Haven't been myself, but my experience has been that typically if there is a hike involved there will be less pressure and bigger fish.


----------



## wyogoob

I'm not a big fan of tigers but they should do OK in Cliff and Castle, both of which are winterkill prone.

I don't remember Grass Lake having fish in it, but there are a lot of lakes and ponds in the basin. I think Henry's Fork Lake is the best and Blanchard second.

Usually there's a lot of sheep around Cliff and Castle in August.

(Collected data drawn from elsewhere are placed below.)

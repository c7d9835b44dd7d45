//! Each fragment is reached from some operation (GraphQL, October 2021, section 5.5.1.4).

ghost use Rattle.std.specs.Prelude.{◌≡◌, ◌∷◌, [], List, Some, IfOk, OnOk, OnErr, map, string_bytes};
ghost use Rattle.walk.specs.ContextState.{with_errors};
ghost use Rattle.walk.specs.Rule.{any_value};
ghost use Rattle.walk.specs.Step.{KeepsPlace};
ghost use Rattle.fragment_graph.specs.DocumentGraph.{IsNumbered};
ghost use Rattle.fragment_graph.specs.Numbers.{defined_number, number_of, WellNumbered};
ghost use Rattle.operation_scopes.specs.Index.{IsIndexOf};
ghost use Rattle.rules_document.specs.AtDocument.{document_step, given_at_end};
ghost use Rattle.rules_document.specs.AtDocumentLaws.{document_keeps};
ghost use Rattle.rules_document.specs.NoUnusedFragmentsLaws.{unused_silent};
ghost use Rattle.rules_document.specs.MetFragments.{name_and_span, IsKeptFor, NameAndSpan};
ghost use Rattle.rules_document.specs.NoUnusedFragments.{unused_error, unused_errors, NoneUnused, unused_message};
ghost use Rattle.rules_document.specs.NoUnusedFragments.{AddsFragment, AddsUnused, UnusedAmong};

use crate::met_fragments::{MetFragments, meet, none_met};
use fragment_reach::reached::{ReachedFragments, is_reached, reached_fragments};
use language::error::OutOfMemory;
use language::position::Spanning;
use language::tree::{Definition, Document, Fragment};
use meta::check::CheckedScalar;
use operation_scopes::index::{ScopeIndex, index_scopes};
use std::alloc::{AllocError, Global};
use walk::{Criterion, Event, Fresh, Machine, Rule, SettledRule, ValidatorContext, Visitor};

/// Reports, where the document ends, each definition of a fragment that no operation reaches, at the definition's
/// start.
#[derive(Drop)]
pub struct NoUnusedFragments {
    alloc: Global,
}

/// Makes the rule, for one document.
pub fn factory(alloc: Global) -> NoUnusedFragments
    ensures { ⟦<NoUnusedFragments as Fresh>⟧.fresh result }
{
    NoUnusedFragments { alloc }
}

impl Fresh for NoUnusedFragments {
    ghost fresh = { any_value };
}

impl<S, C> Machine<S, C> for NoUnusedFragments {
    ghost step = { document_step unused_errors };
}

impl<S, C> Rule<S, C> for NoUnusedFragments {
    ghost allows = { given_at_end unused_errors };

    ghost keeps = { document_keeps unused_errors };
}

impl<S, C> Criterion<S, C> for NoUnusedFragments {
    ghost finds_nothing = { λ scope t doc. NoneUnused doc };
}

impl<S, C> SettledRule<S, C> for NoUnusedFragments {
    ghost silent = { unused_silent };
}

impl<'a, S: CheckedScalar> Visitor<'a, S> for NoUnusedFragments {
    fn on(
        &mut self,
        ctx: &mut ValidatorContext<'a, S>,
        event: &Event<'a, S>,
    ) -> Result<(), OutOfMemory> {
        match *event {
            Event::ExitDocument(document) => {
                let names = ctx.numbered_names(document)?;
                let index = index_scopes(self.alloc, document, names)?;
                report_unused(self.alloc, ctx, document, &index)
            }
            _ => Ok(()),
        }
    }
}

// Reports a fragment.
fn report_fragment<'a, S: CheckedScalar>(
    alloc: Global,
    ctx: &mut ValidatorContext<'a, S>,
    fragment: &Spanning<Fragment<'_, S>>,
) -> Result<(), OutOfMemory>
    ensures ok { OnOk result (ctx.new ≡ with_errors ctx.old (unused_error (name_and_span fragment.now) ∷ [])) }
    ensures err { OnErr result (KeepsPlace ctx.old ctx.new) }
{
    let message = error_message(alloc, fragment.item.name.item)?;
    ctx.report_error(message.as_str(), &[fragment.span.start])
}

// Reports a fragment that no operation reaches, by the number of its name, the first time that its name and span are
// met.
fn report_once<'a, 'd, S: CheckedScalar>(
    alloc: Global,
    ctx: &mut ValidatorContext<'a, S>,
    reached: &ReachedFragments<'_, '_>,
    met: &mut MetFragments<'d>,
    fragment: &Spanning<Fragment<'d, S>>,
    number: usize,
) -> Result<(), OutOfMemory>
    requires numbered { WellNumbered reached.now.graph.now.numbers }
    requires number { number_of reached.now.graph.now.numbers fragment.now.item.name.item.now ≡ Some number }
    requires kept { IsKeptFor reached.now.graph.now.numbers met.old }
    ensures kept { OnOk result (IsKeptFor reached.now.graph.now.numbers met.new) }
    ensures ok { OnOk result ((fs : List NameAndSpan)
        × AddsFragment reached.now met.old met.new (name_and_span fragment.now) fs
        × (ctx.new ≡ with_errors ctx.old (map unused_error fs))) }
    ensures err { OnErr result (KeepsPlace ctx.old ctx.new) }
{
    if is_reached(reached, Some(number)) {
        return Ok(());
    }
    if meet(met, &reached.graph.numbers, fragment, number)? {
        return report_fragment(alloc, ctx, fragment);
    }
    Ok(())
}

// Reports a definition, if it is an unused fragment's, the first time that its name and span are met.
fn report_if_unused<'a, 'd, S: CheckedScalar>(
    alloc: Global,
    ctx: &mut ValidatorContext<'a, S>,
    reached: &ReachedFragments<'_, '_>,
    met: &mut MetFragments<'d>,
    definition: &Definition<'d, S>,
    number: Option<usize>,
) -> Result<(), OutOfMemory>
    requires numbered { WellNumbered reached.now.graph.now.numbers }
    requires number { number ≡ defined_number reached.now.graph.now.numbers definition.now }
    requires has { IsNumbered reached.now.graph.now.numbers definition.now }
    requires kept { IsKeptFor reached.now.graph.now.numbers met.old }
    ensures kept { OnOk result (IsKeptFor reached.now.graph.now.numbers met.new) }
    ensures ok { OnOk result ((fs : List NameAndSpan) × AddsUnused reached.now met.old met.new definition.now fs
        × (ctx.new ≡ with_errors ctx.old (map unused_error fs))) }
    ensures err { OnErr result (KeepsPlace ctx.old ctx.new) }
{
    match definition {
        Definition::Fragment(fragment) => match number {
            Some(number) => report_once(alloc, ctx, reached, met, fragment, number),
            None => Ok(()),
        },
        Definition::Operation(_) => Ok(()),
    }
}

/// Reports, once, each name and span of a fragment that no operation reaches, by the document's index.
///
/// # Errors
///
/// Out of memory. The types at hand stay; some of the errors may be reported then.
pub fn report_unused<'a, 'd, S: CheckedScalar>(
    alloc: Global,
    ctx: &mut ValidatorContext<'a, S>,
    document: Document<'d, S>,
    index: &ScopeIndex<'_>,
) -> Result<(), OutOfMemory>
    requires { IsIndexOf document.now index.now }
    ensures ok { OnOk result ((fs : List NameAndSpan) × UnusedAmong document.now document.now fs
        × (ctx.new ≡ with_errors ctx.old (map unused_error fs))) }
    ensures err { OnErr result (KeepsPlace ctx.old ctx.new) }
{
    let starts = index.spreads.items.as_slice();
    let reached = reached_fragments(alloc, document, &index.graph, starts)?;
    let mut met = none_met(alloc, &reached.graph.numbers)?;
    for place in 0..document.len() {
        let number = index.graph.defined[place];
        report_if_unused(alloc, ctx, &reached, &mut met, &document[place], number)?;
    }
    Ok(())
}

fn error_message(alloc: Global, name: &str) -> Result<String, AllocError>
    ensures { IfOk result (λ message. string_bytes message ≡ unused_message name.now) }
{
    format!(in alloc; "Fragment \"{name}\" is never used")
}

Are you going down the Chute?

Blanchard:


Boy, I'd like to have a nickle for every time I've been up the Henry's.


----------



## N8ON

"Are you going down the Chute?"
No. After all of the reports I think we will just go down Gunsight pass. My dad is coming with and I think slow and steady is the way to go.
Thanks for the advice on Henry and Blanchard. I would have thought Henry would have had enough pressure that without stocking, it would be slim pickings. I love exploring new lakes and wish I could hit them all.


----------



## wyogoob

N8ON said:


> "Are you going down the Chute?"
> No. After all of the reports I think we will just go down Gunsight pass. My dad is coming with and I think slow and steady is the way to go.
> Thanks for the advice on Henry and Blanchard. I would have thought Henry would have had enough pressure that without stocking, it would be slim pickings. I love exploring new lakes and wish I could hit them all.


Yeah, the Chute is a little hairy on the top section. At my age I won't go down it anymore. I use to go up Gunsite, climb Kings and then go down the Chute to G-98 or G99, can't remember, then over to Cliff, then to Castle then down the lakes on the west side of the basin.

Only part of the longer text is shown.